Instructions to follow: The answer should consist of each line below that contains the word "static".

Segment Open

//! Lines that are polled slot by slot, and one whose device is silent or away.
use crate::busy;
use crate::scenes::{
    AllTold, Behind, IMAGE, Left, Look, assert_readings, assert_told, look_behind, look_behind_new,
    office_over, world, world_of,
};
use crate::wire::{Spell, Trouble, Wire};
use office_core::OfficeError;
use office_plays::builders::TWO;
use office_plays::steps::Happens::{self, Load};
use poll_book::MemKeeper;
use std::test::Fail;
use telling::{Trial, twice};

/// A run for so many milliseconds, what may be wrong with the device in the cellar, when its line is connected to, and
/// the readings of both devices.
struct Run {
    ends: u64,
    cellar: &'static [Spell],
    begun: &'static [u64],
    told: &'static str,
    roof: &'static [(u32, u16)],
    readings: &'static [(u32, u16)],
}

impl Look<MemKeeper> for Run {
    fn look(&self, trial: &Trial<'_>, left: &mut Left<MemKeeper>) -> Result<(), OfficeError> {
        let begun = left.world.wires.get(1).map(|wire| wire.begun.as_slice());
        trial.told(&"begun", &begun, &Some(self.begun));
        assert_told(trial, &left.world, self.told)?;
        assert_readings(trial, &mut left.office, "e", self.roof)?;
        assert_readings(trial, &mut left.office, "f", self.readings)
    }
}

fn assert_run(trial: &Trial<'_>, run: &Run) -> Result<(), OfficeError> {
    let world = world(trial.alloc(), run.ends, run.cellar, &[])?;
    look_behind_new(trial, &[], world, run)
}

/// Nothing is wrong for three slots.
const WELL: Run = Run {
    ends: 13_000,
    cellar: &[],
    begun: &[0],
    told: "1970-01-01T00:08:22Z office: line roof is up\n1970-01-01T00:08:22Z office: line cellar is up\n",
    roof: &[(100, 0), (101, 3), (102, 8)],
    readings: &[(100, 0), (101, 3), (102, 8)],
};

fn well(trial: &Trial<'_>) -> Result<(), OfficeError> {
    assert_run(trial, &WELL)
}

#[test]
fn each_point_has_a_reading_in_each_slot(rt: HostRuntime) -> Result<(), Fail> {
    Ok(twice!(rt, well)?)
}

/// What is told in two slots of which nothing is wrong.
const TWO_SLOTS: AllTold = AllTold(
    "1970-01-01T00:08:22Z office: line roof is up\n1970-01-01T00:08:22Z office: line cellar is up\n1970-01-01T00:08:22Z office: line roof polled slot 100: asked 1 recorded 2 excepted 0 refused 0 in 0 ms\n1970-01-01T00:08:22Z office: line cellar polled slot 100: asked 1 recorded 1 excepted 0 refused 0 in 0 ms\n1970-01-01T00:08:25Z office: line cellar polled slot 101: asked 1 recorded 1 excepted 0 refused 0 in 0 ms\n1970-01-01T00:08:26Z office: line roof polled slot 101: asked 1 recorded 2 excepted 0 refused 0 in 1000 ms\n",
);

/// The roof takes a second from slot 101 on.
const ROOF_IS_SLOW: [Behind; 2] = [
    Behind {
        image: IMAGE,
        spells: &[Spell {
            trouble: Trouble::Late(1_000),
            unit: None,
            from: 3_000,
            to: u64::MAX,
        }],
    },
    Behind {
        image: IMAGE,
        spells: &[],
    },
];

fn told_well(trial: &Trial<'_>) -> Result<(), OfficeError> {
    let world = world_of(trial.alloc(), 7_500, &ROOF_IS_SLOW, &[])?;
    look_behind_new(trial, &[], world, &TWO_SLOTS)
}

#[test]
fn each_round_is_told_with_its_numbers(rt: HostRuntime) -> Result<(), Fail> {
    Ok(twice!(rt, told_well)?)
}

/// What is silent has three time-outs, or until its slot ends, and is then left alone for 1, 2, 4 and 8 seconds.
const SILENT: Run = Run {
    ends: 24_000,
    cellar: &[Spell {
        trouble: Trouble::Silent,
        unit: None,
        from: 0,
        to: u64::MAX,
    }],
    begun: &[0, 4000, 10000, 17000],
    told: "1970-01-01T00:08:22Z office: line roof is up\n1970-01-01T00:08:22Z office: line cellar is up\n1970-01-01T00:08:25Z office: line cellar is down: nothing was answered in time\n",
    roof: &[
        (100, 0),
        (101, 3),
        (102, 8),
        (103, 13),
        (104, 18),
        (105, 23),
    ],
    readings: &[],
};

fn silent(trial: &Trial<'_>) -> Result<(), OfficeError> {
    assert_run(trial, &SILENT)
}

#[test]
fn a_silent_device_holds_up_no_other_line(rt: HostRuntime) -> Result<(), Fail> {
    Ok(twice!(rt, silent)?)
}

/// What refuses connections for eight seconds is tried after 1, 2, 4 and 8 seconds.
const REFUSING: Run = Run {
    ends: 18_000,
    cellar: &[Spell {
        trouble: Trouble::Away,
        unit: None,
        from: 0,
        to: 8_000,
    }],
    begun: &[0, 1_000, 3_000, 7_000, 15_000],
    told: "1970-01-01T00:08:22Z office: line roof is up\n1970-01-01T00:08:22Z office: line cellar is down: it can't be reached\n1970-01-01T00:08:22Z office: it took 30 ms to look up where line cellar is\n1970-01-01T00:08:37Z office: line cellar is up\n",
    roof: &[(100, 0), (101, 3), (102, 8), (103, 13)],
    readings: &[(103, 15)],
};

fn refusing(trial: &Trial<'_>) -> Result<(), OfficeError> {
    assert_run(trial, &REFUSING)
}

#[test]
fn a_refused_connection_is_tried_again(rt: HostRuntime) -> Result<(), Fail> {
    Ok(twice!(rt, refusing)?)
}

/// For eight seconds a connection that is begun doesn't come to stand: it is given up after two, and tried again later.
const UNREADY: Run = Run {
    ends: 13_000,
    cellar: &[Spell {
        trouble: Trouble::Unready,
        unit: None,
        from: 0,
        to: 8_000,
    }],
    begun: &[0, 3_000, 7_000],
    told: "1970-01-01T00:08:22Z office: line roof is up\n1970-01-01T00:08:24Z office: line cellar is down: it can't be reached\n1970-01-01T00:08:24Z office: it took 30 ms to look up where line cellar is\n1970-01-01T00:08:30Z office: line cellar is up\n",
    roof: &[(100, 0), (101, 3), (102, 8)],
    readings: &[(102, 8)],
};

fn unready(trial: &Trial<'_>) -> Result<(), OfficeError> {
    assert_run(trial, &UNREADY)
}

#[test]
fn a_connection_that_does_not_come_to_stand_is_given_up(rt: HostRuntime) -> Result<(), Fail> {
    Ok(twice!(rt, unready)?)
}

/// No connection can be begun to it for eight seconds.
const NOWHERE: Run = Run {
    ends: 18_000,
    cellar: &[Spell {
        trouble: Trouble::Nowhere,
        unit: None,
        from: 0,
        to: 8_000,
    }],
    begun: &[15_000],
    told: "1970-01-01T00:08:22Z office: line cellar is down: it can't be reached\n1970-01-01T00:08:22Z office: line roof is up\n1970-01-01T00:08:22Z office: it took 30 ms to look up where line cellar is\n1970-01-01T00:08:37Z office: line cellar is up\n",
    roof: &[(100, 0), (101, 3), (102, 8), (103, 13)],
    readings: &[(103, 15)],
};

fn nowhere(trial: &Trial<'_>) -> Result<(), OfficeError> {
    assert_run(trial, &NOWHERE)
}

#[test]
fn a_line_to_which_no_connection_can_be_begun_is_told(rt: HostRuntime) -> Result<(), Fail> {
    Ok(twice!(rt, nowhere)?)
}

/// It is elsewhere now, and is looked up once. Its name is asked for no more often than once a minute.
const MOVED: Run = Run {
    ends: 8_000,
    cellar: &[Spell {
        trouble: Trouble::Moved,
        unit: None,
        from: 0,
        to: u64::MAX,
    }],
    begun: &[0, 1_000],
    told: "1970-01-01T00:08:22Z office: line roof is up\n1970-01-01T00:08:22Z office: line cellar is down: it can't be reached\n1970-01-01T00:08:22Z office: it took 30 ms to look up where line cellar is\n1970-01-01T00:08:23Z office: line cellar is up\n",
    roof: &[(100, 0), (101, 3)],
    readings: &[(100, 1), (101, 3)],
};

fn moved(trial: &Trial<'_>) -> Result<(), OfficeError> {
    assert_run(trial, &MOVED)
}

#[test]
fn a_line_that_moved_is_looked_up(rt: HostRuntime) -> Result<(), Fail> {
    Ok(twice!(rt, moved)?)
}

/// When the one and the other are.
const LOOK_UPS: &[&[u64]] = &[&[0, 127_000], &[63_000, 188_000]];

/// Both refuse connections all the time, so that each is to be looked up behind each try.
const LOOKED_UP: &[Spell] = &[Spell {
    trouble: Trouble::Away,
    unit: None,
    from: 0,
    to: 200_000,
}];

/// Expects when it was looked up where a line is.
fn assert_looked_up(trial: &Trial<'_>, wire: &Wire, expected: &[u64]) {
    trial.told(&"looked up", &wire.looked_up.as_slice(), &expected);
}

/// When both were looked up.
struct LookedUp;

impl Look<MemKeeper> for LookedUp {
    fn look(&self, trial: &Trial<'_>, left: &mut Left<MemKeeper>) -> Result<(), OfficeError> {
        for (wire, expected) in left.world.wires.iter().zip(LOOK_UPS.iter()) {
            assert_looked_up(trial, wire, expected);
        }
        Ok(())
    }
}

/// The two are looked up in turn, a minute apart.
fn in_turn(trial: &Trial<'_>) -> Result<(), OfficeError> {
    let lines = [Behind {
        image: IMAGE,
        spells: LOOKED_UP,
    }; 2];
    let world = world_of(trial.alloc(), 200_000, &lines, &[])?;
    look_behind_new(trial, &[], world, &LookedUp)
}

#[test]
fn lines_are_looked_up_in_turn_once_a_minute(rt: HostRuntime) -> Result<(), Fail> {
    Ok(twice!(rt, in_turn)?)
}

/// It ends its connection as slot 101 begins, and is there again as that ends.
const AWAY: Run = Run {
    ends: 18_000,
    cellar: &[Spell {
        trouble: Trouble::Away,
        unit: None,
        from: 3_000,
        to: 8_000,
    }],
    begun: &[0, 4_000, 6_000, 10_000],
    told: "1970-01-01T00:08:22Z office: line roof is up\n1970-01-01T00:08:22Z office: line cellar is up\n1970-01-01T00:08:25Z office: line cellar is down: the connection ended\n1970-01-01T00:08:26Z office: it took 30 ms to look up where line cellar is\n1970-01-01T00:08:32Z office: line cellar is up\n",
    roof: &[(100, 0), (101, 3), (102, 8), (103, 13)],
    readings: &[(100, 0), (102, 10), (103, 13)],
};

fn away(trial: &Trial<'_>) -> Result<(), OfficeError> {
    assert_run(trial, &AWAY)
}

#[test]
fn a_slot_lacks_what_was_away(rt: HostRuntime) -> Result<(), Fail> {
    Ok(twice!(rt, away)?)
}

/// It answers three seconds after the question, and two are waited for.
const LATE: Run = Run {
    ends: 18_000,
    cellar: &[Spell {
        trouble: Trouble::Late(3_000),
        unit: None,
        from: 3_000,
        to: u64::MAX,
    }],
    begun: &[0],
    told: "1970-01-01T00:08:22Z office: line roof is up\n1970-01-01T00:08:22Z office: line cellar is up\n",
    roof: &[(100, 0), (101, 3), (102, 8), (103, 13)],
    readings: &[(100, 0), (101, 3), (102, 8), (103, 13)],
};

fn late(trial: &Trial<'_>) -> Result<(), OfficeError> {
    assert_run(trial, &LATE)
}

#[test]
fn a_device_that_answers_after_the_time_out_is_heard(rt: HostRuntime) -> Result<(), Fail> {
    Ok(twice!(rt, late)?)
}

/// It answers nothing, then refuses connections, then takes one and answers nothing: all the while it was told that it
/// is down. It is told as up once it answers.
const SILENT_AND_AWAY: Run = Run {
    ends: 17_500,
    cellar: &[
        Spell {
            trouble: Trouble::Silent,
            unit: None,
            from: 3_000,
            to: 15_000,
        },
        Spell {
            trouble: Trouble::Away,
            unit: None,
            from: 8_500,
            to: 9_500,
        },
    ],
    begun: &[0, 9000, 11000, 17000],
    told: "1970-01-01T00:08:22Z office: line roof is up\n1970-01-01T00:08:22Z office: line cellar is up\n1970-01-01T00:08:30Z office: line cellar is down: nothing was answered in time\n1970-01-01T00:08:31Z office: it took 30 ms to look up where line cellar is\n1970-01-01T00:08:39Z office: line cellar is up\n",
    roof: &[(100, 0), (101, 3), (102, 8), (103, 13)],
    readings: &[(100, 0), (103, 17)],
};

fn silent_and_away(trial: &Trial<'_>) -> Result<(), OfficeError> {
    assert_run(trial, &SILENT_AND_AWAY)
}

#[test]
fn a_line_that_answered_nothing_is_up_once_it_answers(rt: HostRuntime) -> Result<(), Fail> {
    Ok(twice!(rt, silent_and_away)?)
}

/// The device on the roof alone has a point.
const ROOF_ALONE: &[Happens] = &[Load("l1", "e,m1,holding,41,uint16,,,counter,\n")];

/// What is told where the cellar is away for half a second.
const STANDS: AllTold = AllTold(
    "1970-01-01T00:08:22Z office: line roof is up\n1970-01-01T00:08:22Z office: line cellar is up\n1970-01-01T00:08:22Z office: line roof polled slot 100: asked 1 recorded 1 excepted 0 refused 0 in 0 ms\n1970-01-01T00:08:25Z office: line roof polled slot 101: asked 1 recorded 1 excepted 0 refused 0 in 0 ms\n1970-01-01T00:08:26Z office: line cellar is down: the connection ended\n1970-01-01T00:08:27Z office: line cellar is up\n",
);

/// A line is lost that is asked nothing that it could answer.
fn asked_nothing(trial: &Trial<'_>) -> Result<(), OfficeError> {
    let alloc = trial.alloc();
    let office = office_over(alloc, MemKeeper::new(alloc), TWO, ROOF_ALONE)?;
    let away = &[Spell {
        trouble: Trouble::Away,
        unit: None,
        from: 4_000,
        to: 4_500,
    }];
    let world = world(alloc, 7_500, away, &[])?;
    look_behind(trial, office, world, &STANDS)
}

#[test]
fn a_line_that_is_asked_nothing_is_up_once_it_stands(rt: HostRuntime) -> Result<(), Fail> {
    Ok(twice!(rt, asked_nothing)?)
}

/// The device answers nothing.
const MUTE: Behind = Behind {
    image: IMAGE,
    spells: &[Spell {
        trouble: Trouble::Silent,
        unit: None,
        from: 0,
        to: 40_000,
    }],
};

const DOWN_WITHIN_ITS_SLOT: AllTold = AllTold(
    "1970-01-01T00:08:22Z office: line roof is up\n1970-01-01T00:08:28Z office: line roof is down: nothing was answered in time\n",
);

/// A slot has a minute, and an answer two seconds: nothing is waited for beyond three times these.
fn mute_in_a_long_slot(trial: &Trial<'_>) -> Result<(), OfficeError> {
    let alloc = trial.alloc();
    let office = office_over(alloc, MemKeeper::new(alloc), busy::SITE, busy::POINTS)?;
    let world = world_of(alloc, 6_500, &[MUTE], &[])?.with_slot(60);
    look_behind(trial, office, world, &DOWN_WITHIN_ITS_SLOT)
}

#[test]
fn a_silent_line_is_waited_for_three_time_outs(rt: HostRuntime) -> Result<(), Fail> {
    Ok(twice!(rt, mute_in_a_long_slot)?)
}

Segment Closed

Task solution:
    cellar: &'static [Spell],
    begun: &'static [u64],
    told: &'static str,
    roof: &'static [(u32, u16)],
    readings: &'static [(u32, u16)],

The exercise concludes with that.